**ACTIVITY**
Begin with the line that contains "-> Result<Effect, Fail>" and transcribe each line after it, up to and including the last line of the listing below.

**DATA EXCERPTS**
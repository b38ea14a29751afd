//! Calls on a table, by sessions that have a key there.
use cs_table::Table;
use cs_tx::{Encoded, Session, Vote, session_digest};
use cs_tx_types::Effect;
use std::alloc::Global;
use std::process::Abort;
use std::test::Fail;

/// The vote on a session, which is locked where that is a commit that isn't on record.
pub fn prepared(
    rt: &impl Abort,
    alloc: Global,
    table: &mut Table,
    session: &Session,
) -> Result<Vote, Fail> {
    assert!(rt; session.fits());
    let anchored = table.has_anchor(alloc, session)?;
    assert!(rt; anchored);
    let digest = session_digest(alloc, session)?;
    Ok(table.prepare(alloc, session, &digest)?.vote)
}

/// What a decision on a session comes to.
pub fn decided(
    rt: &impl Abort,
    alloc: Global,
    table: &mut Table,
    session: &Session,
    vote: Vote,
) -> Result<Effect, Fail> {
    assert!(rt; session.fits());
    let anchored = table.has_anchor(alloc, session)?;
    assert!(rt; anchored);
    let digest = session_digest(alloc, session)?;
    Ok(table.decide(alloc, session, &digest, vote)?)
}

**RESULT OF THE EXERCISE**
) -> Result<Effect, Fail> {
    assert!(rt; session.fits());
    let anchored = table.has_anchor(alloc, session)?;
    assert!(rt; anchored);
    let digest = session_digest(alloc, session)?;
    Ok(table.decide(alloc, session, &digest, vote)?)
}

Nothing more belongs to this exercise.